In more sophisticated scenarios, a Use-After-Free vulnerability can facilitate remote code execution (RCE). If the memory chunk previously occupied by PrimitiveInfo is reclaimed by a structure containing function pointers before the dangling reference is accessed, an attacker may be able to redirect the control flow to arbitrary locations in memory. This would allow code execution within the context of the user running the ImageMagick process, which is often a service account or web-daemon user.

According to the CVSS v3.1 vector CVSS:3.1/AV:N/AC:H/PR:N/UI:N/S:U/C:N/I:N/A:H, the baseline severity is classified as Medium (5.9). Although the impact on Availability is High, the confidentiality and integrity scores remain low unless weaponized RCE payloads are constructed, which is constrained by the high complexity of controlling the heap layout under reallocation failure conditions.

The primary and recommended remediation strategy is to upgrade ImageMagick installations to the patched releases. For legacy environments running the 6.x branch, the fix is available starting with version 6.9.13-50. For systems leveraging the modern 7.x branch, upgrading to 7.1.2-25 or higher resolves the vulnerability by implementing safe allocation checks.

For applications utilizing wrapper libraries, such as .NET environments relying on Magick.NET, security teams must ensure that the wrapper is updated to version 14.14.0 or higher, which compiles the patched native binary. If immediate patching is not logistically feasible, applying policy-based mitigations in ImageMagick's policy.xml is highly recommended. Disabling vulnerable coders like SVG, MVG, PDF, EPS, and PS completely neutralizes the attack vector by preventing the drawing engine from processing vector files.
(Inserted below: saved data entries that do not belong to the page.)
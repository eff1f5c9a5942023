ghost use Rattle.std.specs.Prelude.{◌≡◌, ◌↔◌, ◌≤◌, ◌<◌, ◌+◌, All, length, vec_len, IfOk, IfSome, OnOk};
ghost use Rattle.ra_frame.specs.Fits.{Fits};
ghost use Rattle.ra_site.specs.Cluster.{ChecksCount};

use crossbeam_channel::{Receiver, Sender, unbounded};
use ra_frame::{Frame, encode};
use ra_stamp::{Memory, NodeCount, NodeId};
use std::alloc::Global;
use std::sync::{RwLock, Wait};
use std::{fmt, thread};
use thiserror::Error;

/// Why there is no post.
#[derive(Clone, Copy, Debug, PartialEq, Eq, Error)]
pub enum NewPostError {
    /// The number of nodes is not 1 to 64.
    BadCount,
    /// Memory ran out.
    Memory,
}

impl fmt::Display for NewPostError {
    fn fmt<W: fmt::Write>(&self, f: &mut fmt::Formatter<W>) -> fmt::Result {
        fmt::Debug::fmt(self, f)
    }
}

/// Why a frame was not sent.
#[derive(Clone, Copy, Debug, PartialEq, Eq, Error)]
pub enum SendError {
    /// The post is closed.
    Closed,
    /// There is no memory for it, or no inbox of its node, or the inbox is gone.
    Refused,
}

impl fmt::Display for SendError {
    fn fmt<W: fmt::Write>(&self, f: &mut fmt::Formatter<W>) -> fmt::Result {
        fmt::Debug::fmt(self, f)
    }
}

/// How many frames a node takes from its inbox at most, before others have a turn at its lock.
const MOST_AT_ONCE: u8 = 64;

/// What takes the bytes of the frames for one node.
type FrameSender = Sender<Vec<u8>>;

/// The frames for one node arrive here, each as its bytes.
#[derive(Drop)]
pub struct Inbox {
    frames: Receiver<Vec<u8>>,
}

/// What carries frames between the nodes of a cluster: an inbox for each node, and for each inbox the one sender, until
/// the post is closed. Threads share it.
pub struct Post {
    /// In the order of the nodes, until the post is closed. Threads that send share it, and only a close excludes them.
    senders: RwLock<Option<Vec<FrameSender>>>,
}

// What a post owns is freed here, so that no other crate proves how each of its parts is dropped.
impl Drop for Post {
    fn drop(self) {
        let Post { senders: _ } = self;
    }
}

impl Post {
    /// Makes the post of this many nodes, and as many inboxes, in time linear in them. The inboxes are in the order of
    /// the nodes, which no clause says.
    ///
    /// # Errors
    ///
    /// The first that holds:
    ///
    /// 1. `BadCount`: the number of nodes is not 1 to 64.
    /// 2. `Memory`: memory ran out.
    pub fn new(alloc: Global, nodes: u16) -> Result<(Post, Vec<Inbox>), NewPostError>
        ensures inboxes { IfOk result (λ made. vec_len made.1 ≡ nodes) }
        ensures count { ChecksCount nodes result }
    {
        let Some(_count) = NodeCount::new(nodes) else {
            return Err(NewPostError::BadCount);
        };
        let mut senders = Vec::new(alloc);
        let mut inboxes = Vec::new(alloc);
        for _node in 0..nodes {
            if open_inbox(alloc, &mut senders, &mut inboxes).is_err() {
                return Err(NewPostError::Memory);
            }
        }
        let senders = RwLock::new(Some(senders));
        Ok((Post { senders }, inboxes))
    }

    /// Sends the bytes of a frame, in version 2, to the inbox of the node that it is for. It may wait for other threads
    /// that send to that node and for a close, but for no thread that reads an inbox.
    ///
    /// # Errors
    ///
    /// The first that holds:
    ///
    /// 1. `Closed`: the post is closed.
    /// 2. `Refused`: there is no memory, or no inbox of that node, or the inbox is gone.
    pub fn send<R: Wait>(&self, rt: &R, alloc: Global, frame: &Frame) -> Result<(), SendError>
        requires { Fits frame.now }
    {
        // They are made before the lock is taken, so that nobody waits for the allocator, and looked at after.
        let bytes = encode(alloc, frame);
        let senders = self.senders.read(rt);
        let Some(senders) = senders.as_ref() else {
            return Err(SendError::Closed);
        };
        let Ok(bytes) = bytes else {
            return Err(SendError::Refused);
        };
        if send_to(rt, senders, frame.message.to(), bytes) {
            Ok(())
        } else {
            Err(SendError::Refused)
        }
    }

    /// Sends frames one after the other, up to the first that is refused. Returns that one and those after it, which
    /// were not tried, or `None` if all were sent. No close comes between two frames, so each is encoded under the
    /// lock, which other threads that send share. Only a close waits for it.
    pub(crate) fn send_up_to<'a, R: Wait>(
        &self,
        rt: &R,
        alloc: Global,
        frames: &'a [Frame],
    ) -> Option<(&'a Frame, &'a [Frame])>
        requires { All Fits frames.now }
        ensures fewer { IfSome result (λ left. length left.1.now < length frames.now) }
        ensures fit { IfSome result (λ left. All Fits left.1.now) }
    {
        let senders = self.senders.read(rt);
        let Some(senders) = senders.as_ref() else {
            return frames.split_first();
        };
        for place in 0..frames.len() {
            let frame = &frames[place];
            let is_sent = match encode(alloc, frame) {
                Ok(bytes) => send_to(rt, senders, frame.message.to(), bytes),
                Err(Memory) => false,
            };
            if !is_sent {
                return Some((frame, &frames[place + 1..]));
            }
        }
        None
    }

    /// Closes the post: no frame is sent from now on, and each inbox is closed once it is empty. It may wait for other
    /// calls of the post, and does not allocate.
    pub fn close<R: Wait>(&self, rt: &R) {
        *self.senders.write(rt) = None;
    }
}

/// Sends the bytes of a frame to the inbox of a node. Returns whether it took them.
fn send_to<R: Wait>(rt: &R, senders: &[FrameSender], node: NodeId, bytes: Vec<u8>) -> bool {
    match senders.get(node.place()) {
        Some(sender) => sender.send(rt, bytes).is_ok(),
        None => false,
    }
}

/// Makes another inbox and its sender.
fn open_inbox(
    alloc: Global,
    senders: &mut Vec<FrameSender>,
    inboxes: &mut Vec<Inbox>,
) -> Result<(), Memory>
    ensures { OnOk result (vec_len inboxes.new ≡ vec_len inboxes.old + 1) }
{
    // Room comes first, so that no exit but the last owns anything.
    senders.reserve(1)?;
    inboxes.reserve(1)?;
    let (sender, frames) = unbounded(alloc)?;
    senders.push_reserved(sender);
    inboxes.push_reserved(Inbox { frames });
    Ok(())
}

impl Inbox {
    /// Waits for the next frame, and puts its bytes into the list, and those of the frames that have come by then, up
    /// to [`MOST_AT_ONCE`] in all. Returns `false` if the inbox is empty and the post closed. A frame for which the
    /// list has no room stays in the inbox.
    ///
    /// # Errors
    ///
    /// `Memory`: there is no room for the first frame.
    pub(crate) fn take<R: Wait>(&self, rt: &R, taken: &mut Vec<Vec<u8>>) -> Result<bool, Memory> {
        taken.reserve(1)?;
        let first = match self.frames.try_recv(rt) {
            Ok(first) => Some(first),
            Err(_) => {
                // To sleep and to be woken costs more than to let others run, which may send something meanwhile.
                thread::yield_now();
                self.frames.recv(rt).ok()
            }
        };
        let Some(first) = first else {
            return Ok(false);
        };
        taken.push_reserved(first);
        for _ in 1..MOST_AT_ONCE {
            if taken.reserve(1).is_err() {
                break;
            }
            let Ok(next) = self.frames.try_recv(rt) else {
                break;
            };
            taken.push_reserved(next);
        }
        Ok(true)
    }
}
Additionally, enforcing memory resource limits inside the policy.xml configuration files restricts the maximum size of allocations, preventing attackers from exhausting system memory or triggering unexpected reallocation failures. Implementing these configuration-hardening steps ensures a robust, defense-in-depth posture even if the core executable cannot be immediately compiled or updated.